Reproducible assignments with R-markdown
Introduction
I tweeted earlier Today about
Evaluating 22 assignments of my MSc course that students handed in as html, and Rmd + raw data. I can reproduce each of them!
— Edzer Pebesma (@edzerpebesma) April 13, 2017
for my course Analysis of Spatio-Temporal Data in our MSc program Geoinformatics. Barry kindly answered:
@edzerpebesma It would be nice to see a write-up of how you get students to this level of competence.
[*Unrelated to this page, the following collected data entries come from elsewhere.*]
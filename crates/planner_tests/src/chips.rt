// Chips to plan on, read from map files that are put together here.
use draft::Draft;
use map::MappedChip;
use std::alloc::{AllocError, Global};
use std::test::*;
use table::store::TableMachine;

// A machine on a chip with these couplers.
fn machine(heap: Global, places: u8, draft: &Draft) -> Result<TableMachine<MappedChip>, Fail> {
    let file = draft.file(heap, places)?;
    Ok(TableMachine::new(MappedChip::read(heap, file.as_slice())?))
}

// Couplers between places one after another; coupler q joins place q to the next.
fn row(heap: Global, places: u8) -> Result<Draft, AllocError> {
    let mut draft = Draft::new(heap);
    for q in 1..places {
        draft.join(q - 1, q)?;
    }
    Ok(draft)
}

// Places one after another.
pub(crate) fn line(heap: Global, places: u8) -> Result<TableMachine<MappedChip>, Fail> {
    machine(heap, places, &row(heap, places)?)
}

// Three or more places round a ring.
pub(crate) fn ring(heap: Global, places: u8) -> Result<TableMachine<MappedChip>, Fail> {
    let mut draft = row(heap, places)?;
    draft.join(places.checked_sub(1).ok_or("no places")?, 0)?;
    machine(heap, places, &draft)
}

// All places joined to the last.
pub(crate) fn star(heap: Global, places: u8) -> Result<TableMachine<MappedChip>, Fail> {
    let mut draft = Draft::new(heap);
    for q in 1..places {
        draft.join(places - 1, q - 1)?;
    }
    machine(heap, places, &draft)
}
— Barry Rowlingson (@geospacedman) April 13, 2017
Well, here you go!
The course
The course has a a goal to get familiar with what spatio-temporal data is, and how you can analyse it, with emphasis on using R. Analysis methods focus on spatial statistical methods (point patterns, geostatistics, lattice data) and analysis of movement data. The course consists of lectures and exercise meetings; for exercise meetings students were supposed to hand in short assignments. The larger final assignment is individual, and is like a small, reproducible research paper and forms the basis for the final grade.
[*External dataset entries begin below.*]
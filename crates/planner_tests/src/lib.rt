// The planner on chips of many forms and random blocks, each plan replayed on plain words.
#![tactic(auto)]

#[cfg(test)]
mod chips;
#[cfg(test)]
mod families;
#[cfg(test)]
mod refusals;
#[cfg(test)]
mod task;
#[cfg(test)]
mod trial;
Instead of (or: in addition to) working with pre-cooked examples
that use data from a particular package, loaded by data(dataset)
,
I encouraged students from the beginning to look for datasets
themselves, and import them in R. This way they learn, and learn
from one another
- how datasets look like in the wild
- how they are imported in R
- the hoops they have to go through to get time or date variables right, e.g. by using
as.POSIXct
orstrptime
and - troubles that coordinates may give, e.g. their projections or degrees-minutes-seconds notation.
as well as challenges related to applying methods:
- time series analysis does not work if you have very short time series
- periodicities are often absent in yearly data, but present in sub-yearly (daily/weekly/monthly)
- spatial correlation is hard to assess with a handful of observations
- not all point-referenced datasets are meaningful input for point pattern analysis, or for geostatistical analysis
- most point pattern software assumes Carthesian coordinates, but does not check for this
Reproducing
I’ve asked students to hand in assignments as R markdown files so that I can not only see what they did, but also redo what they did. I’ve asked them specifically to
- work in a separate directory for each assignment, using lastname.assignmentNumber as directory name
- include the R markdown file, data sets, and the output (html or pdf)
- not set paths in the R markdown files
- not use absolute paths to data files
- not use
install.packages
in their R markdown file - zip this directory and submit it to the moodle system
I’ve also demonstrated for the whole group how things work when I reproduce this, and showed them where things go wrong. For reproducing, I have to
- download the zip, and unzip it
- go into the directory
- double-click the R-markdown file, so rstudio starts in the right directory
- click Knit to run the R markdown file and create the output html
For the final assignment, several students ended up with data sets
larger than the maximum allowed upload size; they then gave me a
link to a download link. Several students saved the result of a
long computation to a .RData
file, uncommented the long running
section, and loaded the .RData
instead, to limit run-time while
writing the assignment. They warned me in case run times was long.
If anyone can think of a simpler workflow (for me, or for the students) I’d very much like to hear it!